Skip to content

[pandas] faster alternative to .to_sql() for large uploads

Gord Thompson edited this page Jun 8, 2022 · 5 revisions

If you are using .to_sql() to upload a large DataFrame and are unhappy with the performance then you may want to consider using a different approach.
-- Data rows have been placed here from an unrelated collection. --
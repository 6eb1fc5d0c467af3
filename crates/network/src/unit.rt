// The unit of lengths, 0.01 mm, with what document 01 gives in it: the scale of weights, and the limits of stations and records.
ghost use Rattle.std.specs.Prelude.{◌≡◌, pos};
ghost use Rattle.network.specs.Units.{weight_of};

use weights::WeightMatrix;

#[derive(Clone, Copy)]
pub struct Unit {}

impl Unit {
    // Units in a millimetre.
    pub const MILLIMETRE: u64 = 100;
    // The standard deviation that weight 1 means: 10 mm, in units.
    pub const DEVIATION_AT_WEIGHT_ONE: u64 = 1_000;
    // The weight of a standard deviation of 1 mm.
    pub const WEIGHT_AT_MILLIMETRE: i64 = 100;

    // Stations in a list, and their components E, N, U.
    pub const STATIONS: usize = 32;

    pub const COMPONENTS: usize = 96;
    // Unknowns of a list.
    pub const UNKNOWNS: usize = 48;
    // Places for records.
    pub const PLACES: usize = 256;

    // The size of a coordinate, provisional or of a position; of an observed component and of the reduced U difference, of a misclosure.
    pub const COORDINATE: u64 = 500_000_000;

    pub const OBSERVED: u64 = 1_000_000_000;

    pub const MISCLOSURE: u64 = 100_000;
    // The height of an instrument, a target or an antenna above its mark.
    pub const HEIGHT_ABOVE_MARK: i64 = 300_000;
    // The largest weight; the size of an off-diagonal one.
    pub const WEIGHT: i64 = WeightMatrix::WEIGHT;

    pub const OFF_DIAGONAL: u64 = WeightMatrix::OFF_DIAGONAL;
    // How many times the determinant a diagonal entry of the adjugate may be.
    pub const ADJUGATE_FACTOR: i64 = WeightMatrix::ADJUGATE_FACTOR;

    // S of document 01, the scale of M and of the variances: 2^30.
    pub const SCALE: i64 = 1_073_741_824;

    // The weight of a standard deviation in units: the whole number nearest to 1,000² over its square. 0, which no record takes, of 0 and of more than 14.14 mm.
    pub fn weight_of(deviation: u64) -> i64
        ensures { result ≡ pos (weight_of deviation) }
    {
        let one = Unit::DEVIATION_AT_WEIGHT_ONE;
        if deviation == 0 {
            return 0;
        }
        if deviation > 2 * one {
            return 0;
        }
        let square = deviation * deviation;
        ((2 * one * one + square) / (2 * square)) as i64
    }
}
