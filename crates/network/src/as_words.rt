// A station in four words: kind (1 known, 2 free, 3 height), E, N, U.
ghost use Rattle.std.specs.Prelude.{◌≡◌};
ghost use Rattle.network.specs.StationWords.{kind_word, station_words};

use super::{Kind, Station};

#[tactic(auto, unfolding(crate::specs::StationWords::kind_word))]
// Stays: its definition `kind_word` is cited by name wherever a station's words are spelled; `i64::from` would be no plainer.
pub fn kind_word(kind: Kind) -> i64
    ensures { result ≡ kind_word kind }
{
    match kind {
        Kind::Known => 1,
        Kind::Free => 2,
        Kind::Height => 3,
    }
}

#[tactic(auto, unfolding(crate::specs::StationWords::station_words))]
pub fn station_words(s: Station) -> [i64; 4]
    ensures { result ≡ station_words s }
{
    [kind_word(s.kind), s.east, s.north, s.up]
}
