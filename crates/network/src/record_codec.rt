// A record in 14 words: kind (0 empty, 1 baseline, 2 height difference, 4 position), from or station, to, observed E, N, U, weights EE, EN, EU, NN, NU, UU, from-height, to-height.
// Words of any other kind are read as Empty, and those that a record does not use are not looked at.
ghost use Rattle.std.specs.Prelude.{◌≡◌, ◌+◌, ◌≤◌, length};
ghost use Rattle.network.specs.RecordWords.{record_length, observed_in, weights_in, record_of, record_in, record_words};
ghost use Rattle.network.specs.declared.Record.TheVariants.{Baseline as baseline, Height as height, Position as position};

use super::constructors::{baseline_of, height_of, position_of};
use super::{Baseline, Level, Position, Record};

impl Record {
    // A record's length in words.
    pub const LENGTH: usize = 14;
}

// The observed E, N, U of the record whose first word is at index at.
#[tactic(auto, unfolding(crate::specs::RecordWords::observed_in))]
fn observed_in(w: &[i64], at: usize) -> [i64; 3]
    requires { at + record_length ≤ length w.now }
    ensures { result ≡ observed_in w.now at }
{
    [w[at + 3], w[at + 4], w[at + 5]]
}

// Its weights EE, EN, EU, NN, NU, UU.
#[tactic(auto, unfolding(crate::specs::RecordWords::weights_in))]
fn weights_in(w: &[i64], at: usize) -> [i64; 6]
    requires { at + record_length ≤ length w.now }
    ensures { result ≡ weights_in w.now at }
{
    [
        w[at + 6],
        w[at + 7],
        w[at + 8],
        w[at + 9],
        w[at + 10],
        w[at + 11],
    ]
}

// The baseline whose numbers, from and to first, follow index at.
#[tactic(auto, unfolding(crate::specs::RecordWords::record_of))]
pub fn baseline_in(w: &[i64], at: usize) -> Record
    requires { at + record_length ≤ length w.now }
    ensures { result ≡ record_of 0 w.now at }
{
    let heights = [w[at + 12], w[at + 13]];
    baseline_of(
        w[at + 1],
        w[at + 2],
        observed_in(w, at),
        weights_in(w, at),
        heights,
    )
}

#[tactic(auto, unfolding(crate::specs::RecordWords::record_of))]
fn height_in(w: &[i64], at: usize) -> Record
    requires { at + record_length ≤ length w.now }
    ensures { result ≡ record_of 1 w.now at }
{
    height_of(w[at + 1], w[at + 2], w[at + 5], w[at + 11])
}

#[tactic(auto, unfolding(crate::specs::RecordWords::record_of))]
fn position_in(w: &[i64], at: usize) -> Record
    requires { at + record_length ≤ length w.now }
    ensures { result ≡ record_of 3 w.now at }
{
    position_of(w[at + 1], observed_in(w, at), weights_in(w, at))
}

// The record whose first word is at index at.
#[tactic(auto, unfolding(crate::specs::RecordWords::record_of))]
pub fn record_in(w: &[i64], at: usize) -> Record
    requires { at + record_length ≤ length w.now }
    ensures { result ≡ record_in w.now at }
{
    match words::index_in(w[at], 4) {
        0 => baseline_in(w, at),
        1 => height_in(w, at),
        3 => position_in(w, at),
        _ => Record::Empty,
    }
}

#[tactic(auto, unfolding(crate::specs::RecordWords::record_words))]
fn baseline_words(b: Baseline) -> [i64; Record::LENGTH]
    ensures { result ≡ record_words (baseline b) }
{
    [
        1, b.from, b.to, b.east, b.north, b.up, b.ee, b.en, b.eu, b.nn, b.nu, b.uu, b.hf, b.ht,
    ]
}

#[tactic(auto, unfolding(crate::specs::RecordWords::record_words))]
fn height_words(h: Level) -> [i64; Record::LENGTH]
    ensures { result ≡ record_words (height h) }
{
    [2, h.from, h.to, 0, 0, h.up, 0, 0, 0, 0, 0, h.weight, 0, 0]
}

#[tactic(auto, unfolding(crate::specs::RecordWords::record_words))]
fn position_words(p: Position) -> [i64; Record::LENGTH]
    ensures { result ≡ record_words (position p) }
{
    [
        4, p.station, 0, p.east, p.north, p.up, p.ee, p.en, p.eu, p.nn, p.nu, p.uu, 0, 0,
    ]
}

#[tactic(auto, unfolding(crate::specs::RecordWords::record_words))]
pub fn record_words(r: Record) -> [i64; Record::LENGTH]
    ensures { result ≡ record_words r }
{
    match r {
        Record::Empty => [0; Record::LENGTH],
        Record::Baseline(b) => baseline_words(b),
        Record::Height(h) => height_words(h),
        Record::Position(p) => position_words(p),
    }
}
On a very old (and slow) machine, the following code takes about 110 seconds (almost 2 minutes) to execute:

from time import perf_counter

import pandas as pd
from sqlalchemy import create_engine
from sqlalchemy.engine import URL

accdb_path = r"C:\Users\Public\test\sqlalchemy-access\gord_test.accdb"
connection_string = (
    "DRIVER={Microsoft Access Driver (*.mdb, *.accdb)};"
    f"DBQ={accdb_path};"
    "ExtendedAnsiSQL=1;"
)
connection_url = URL.create("access+pyodbc", query={"odbc_connect": connection_string})
engine = create_engine(connection_url)

num_cols = 127
num_rows = 1000
data = [tuple(list(range(num_cols))) for i in range(num_rows)]
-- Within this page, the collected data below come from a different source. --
// Document 02, request 5: positions, at both sides of each limit of refusals 3 to 6. Weights are judged beside a baseline's.
use super::variants::with;
use super::{GOOD, judged, judged_over, list_of, print_answer, print_fields};
use network::Record;

// Weights whose second leading minor is 0.
const SINGULAR: [i64; 6] = [100, 100, 0, 100, 0, 100];

fn print_position(station: i64, observed: [i64; 3], weights: [i64; 6]) -> Record {
    io::write_all(1, b"P");
    print_fields(&[station]);
    print_fields(&observed);
    print_fields(&weights);
    network::position_of(station, observed, weights)
}

fn position(station: i64, observed: [i64; 3], weights: [i64; 6]) {
    let p = print_position(station, observed, weights);
    print_answer(judged(p));
}

fn observed(station: i64, east: i64, north: i64, up: i64) {
    position(station, [east, north, up], GOOD);
}

// At the third station.
pub(crate) fn weights(w: [i64; 6]) {
    position(3, [0, 0, 0], w);
}

// One coordinate apart from the station's provisional ones, which are alike in E, N and U.
fn apart(station: i64, provisional: i64, coordinate: i64) {
    for at in 0..3 {
        position(station, with([provisional; 3], at, coordinate), GOOD);
    }
}

// The station: in the list, with coordinates of its own and of another; outside the list.
fn stations() {
    observed(1, -500000000, -500000000, -500000000);
    observed(2, 500000000, 500000000, 500000000);
    observed(3, 0, 0, 0);
    observed(1, 0, 0, 0);
    observed(2, 0, 0, 0);
    observed(i64::MIN, 0, 0, 0);
    observed(-1, 0, 0, 0);
    observed(0, 0, 0, 0);
    observed(4, 0, 0, 0);
    observed(32, 0, 0, 0);
    observed(33, 0, 0, 0);
    observed(i64::MAX, 0, 0, 0);
}

// Over 32 stations of unknown height, the most that a list has.
fn of_32(station: i64) {
    let list = list_of(0, 32);
    let net = network::network_of(&list[0..128]);
    io::write_all(1, b"of 32 stations: ");
    let p = print_position(station, [0, 0, 0], GOOD);
    print_answer(judged_over(net, p));
}

fn longest_list() {
    for station in [0, 1, 32, 33] {
        of_32(station);
    }
}

// Each coordinate, at the first station and the second, which are at the two ends of the range.
fn coordinates() {
    apart(1, -500000000, -500000001);
    apart(1, -500000000, i64::MIN);
    apart(2, 500000000, 500000001);
    apart(2, 500000000, i64::MAX);
}

// Misclosures in each component.
fn misclosures() {
    apart(1, -500000000, -499900000);
    apart(1, -500000000, -499899999);
    apart(2, 500000000, 499900000);
    apart(2, 500000000, 499899999);
    for coordinate in [-100001, -100000, 100000, 100001] {
        apart(3, 0, coordinate);
    }
}

// Where several apply, the lowest number wins.
fn orders() {
    // 3 to 5; a station that is not in the list has no misclosure
    position(4, [500000001, 0, 0], SINGULAR);
    // 3 and 4
    observed(4, 0, 500000001, 0);
    // 3 and 5
    position(4, [0, 0, 0], SINGULAR);
    // 4 to 6: a coordinate, and a weight
    position(3, [0, 0, -500000001], SINGULAR);
    position(3, [100001, 0, 0], [100, 100, 0, 100, 0, 10001]);
    // 4 and 5
    position(1, [-500000000, -500000001, -500000000], SINGULAR);
    position(3, [0, 0, 0], [100, 100, 0, 100, 0, 0]);
    // 4 and 6
    observed(2, 500000000, -500000001, 500000000);
    position(3, [0, 100001, 0], [0, 0, 0, 100, 0, 100]);
    // 5 and 6
    position(3, [0, 0, 100001], SINGULAR);
    // 6 alone, from one end of the range to the other
    observed(1, 500000000, 500000000, 500000000);
}

pub(crate) fn run() {
    stations();
    longest_list();
    coordinates();
    misclosures();
    orders();
}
col_names = [f"col{x:03d}" for x in range(num_cols)]

df = pd.DataFrame(data, columns=col_names)
t0 = perf_counter()

table_name = "bulk_upload_test"

df.to_sql(table_name, engine, index=False, if_exists="append")

print(f"{num_rows} rows inserted in {(perf_counter() - t0):0.1f} seconds")
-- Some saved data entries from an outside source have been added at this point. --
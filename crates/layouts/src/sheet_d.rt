ghost use Rattle.format.specs.Layout.{sheet_d};
ghost use Rattle.layouts.specs.Lies.{lie_sheet_d};

use super::{Form, Layout, Span, TableColumn, column};

// Sheet d: A4, A4, courses I1, number of f records I1, A30, A30, I1 (0..2), I1 and I1 (each 0..3 or 9; the sources
// disagree on which is which), 11X.
#[derive(Clone, Copy)]
pub struct SheetD {}

impl SheetD {
    pub const MADE_WIDTH: usize = 4;

    pub const SURVEYED_WIDTH: usize = 4;

    pub const COURSES_WIDTH: usize = 1;

    pub const F_RECORDS_WIDTH: usize = 1;

    pub const DEVICE_WIDTH: usize = 30;

    pub const APPROVAL_WIDTH: usize = 30;

    pub const DATUM_WIDTH: usize = 1;

    pub const FIRST_CODE_WIDTH: usize = 1;

    pub const SECOND_CODE_WIDTH: usize = 1;

    pub const BLANK_WIDTH: usize = 11;

    pub const MADE_START: usize = 0;

    pub const SURVEYED_START: usize = Self::MADE_START + Self::MADE_WIDTH;

    pub const COURSES_START: usize = Self::SURVEYED_START + Self::SURVEYED_WIDTH;

    pub const F_RECORDS_START: usize = Self::COURSES_START + Self::COURSES_WIDTH;

    pub const DEVICE_START: usize = Self::F_RECORDS_START + Self::F_RECORDS_WIDTH;

    pub const APPROVAL_START: usize = Self::DEVICE_START + Self::DEVICE_WIDTH;

    pub const DATUM_START: usize = Self::APPROVAL_START + Self::APPROVAL_WIDTH;

    pub const FIRST_CODE_START: usize = Self::DATUM_START + Self::DATUM_WIDTH;

    pub const SECOND_CODE_START: usize = Self::FIRST_CODE_START + Self::FIRST_CODE_WIDTH;

    pub const BLANK_START: usize = Self::SECOND_CODE_START + Self::SECOND_CODE_WIDTH;

    pub const END: usize = Self::BLANK_START + Self::BLANK_WIDTH;
}

impl Layout for SheetD {
    ghost columns = { sheet_d };

    ghost lie = { lie_sheet_d };

    fn end() -> usize {
        Self::END
    }

    #[tactic(auto, unfolding(crate::specs::Tables::spans_of, format::specs::Layout::sheet_d))]
    fn spans() -> &'static [Span] {
        &[
            Span(Self::MADE_START, Self::MADE_WIDTH),
            Span(Self::SURVEYED_START, Self::SURVEYED_WIDTH),
            Span(Self::COURSES_START, Self::COURSES_WIDTH),
            Span(Self::F_RECORDS_START, Self::F_RECORDS_WIDTH),
            Span(Self::DEVICE_START, Self::DEVICE_WIDTH),
            Span(Self::APPROVAL_START, Self::APPROVAL_WIDTH),
            Span(Self::DATUM_START, Self::DATUM_WIDTH),
            Span(Self::FIRST_CODE_START, Self::FIRST_CODE_WIDTH),
            Span(Self::SECOND_CODE_START, Self::SECOND_CODE_WIDTH),
            Span(Self::BLANK_START, Self::BLANK_WIDTH),
        ]
    }

    fn table() -> &'static [TableColumn] {
        &[
            column!(Self::COURSES_START, Self::COURSES_WIDTH => Integer, 0, 9),
            column!(Self::F_RECORDS_START, Self::F_RECORDS_WIDTH => Integer, 0, 9),
            column!(Self::DATUM_START, Self::DATUM_WIDTH => Integer, 0, 2),
            column!(Self::FIRST_CODE_START, Self::FIRST_CODE_WIDTH => Integer, 0, 9),
            column!(Self::SECOND_CODE_START, Self::SECOND_CODE_WIDTH => Integer, 0, 9),
            column!(Self::BLANK_START, Self::BLANK_WIDTH => Blank, 0, 0),
        ]
    }
}
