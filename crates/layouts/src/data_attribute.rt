ghost use Rattle.format.specs.Layout.{data_attribute};
ghost use Rattle.layouts.specs.Lies.{lie_data_attribute};

use super::{Layout, Span, TableColumn};

// Data attribute: 84 free.
#[derive(Clone, Copy)]
pub struct DataAttribute {}

impl DataAttribute {
    pub const FREE_WIDTH: usize = 84;

    pub const FREE_START: usize = 0;

    pub const END: usize = Self::FREE_START + Self::FREE_WIDTH;
}

impl Layout for DataAttribute {
    ghost columns = { data_attribute };

    ghost lie = { lie_data_attribute };

    fn end() -> usize {
        Self::END
    }

    #[tactic(auto, unfolding(crate::specs::Tables::spans_of, format::specs::Layout::data_attribute))]
    fn spans() -> &'static [Span] {
        &[Span(Self::FREE_START, Self::FREE_WIDTH)]
    }

    fn table() -> &'static [TableColumn] {
        &[]
    }
}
After doing pip install openpyxl to enable .to_excel() and pip install pywin32 to enable COM automation we can bypass .to_sql() (and therefore SQLAlchemy) completely and the same result is achieved in just under 8 seconds:

import os
from time import perf_counter

import pandas as pd
import win32com.client

accdb_path = r"C:\Users\Public\test\sqlalchemy-access\gord_test.accdb"

num_cols = 127
num_rows = 1000
data = [tuple(list(range(num_cols))) for i in range(num_rows)]

col_names = [f"col{x:03d}" for x in range(num_cols)]

df = pd.DataFrame(data, columns=col_names)
t0 = perf_counter()

table_name = "bulk_upload_test"

xlsx_path = r"C:\Users\Gord\Desktop\bulk_upload_test.xlsx"
df.to_excel(xlsx_path, index=False)
con = win32com.client.Dispatch("ADODB.Connection")
con.Open(
    "Provider=Microsoft.ACE.OLEDB.12.0;"
    f"Data Source={accdb_path};"
)
sql = f"""\
INSERT INTO [{table_name}]
SELECT * FROM [Sheet1$] IN \"{xlsx_path}\"'Excel 12.0 Macro;HDR=Yes'
"""
con.Execute(sql)
os.remove(xlsx_path)

print(f"{num_rows} rows inserted in {(perf_counter() - t0):0.1f} seconds")

(Workaround adapted from this Stack Overflow answer.)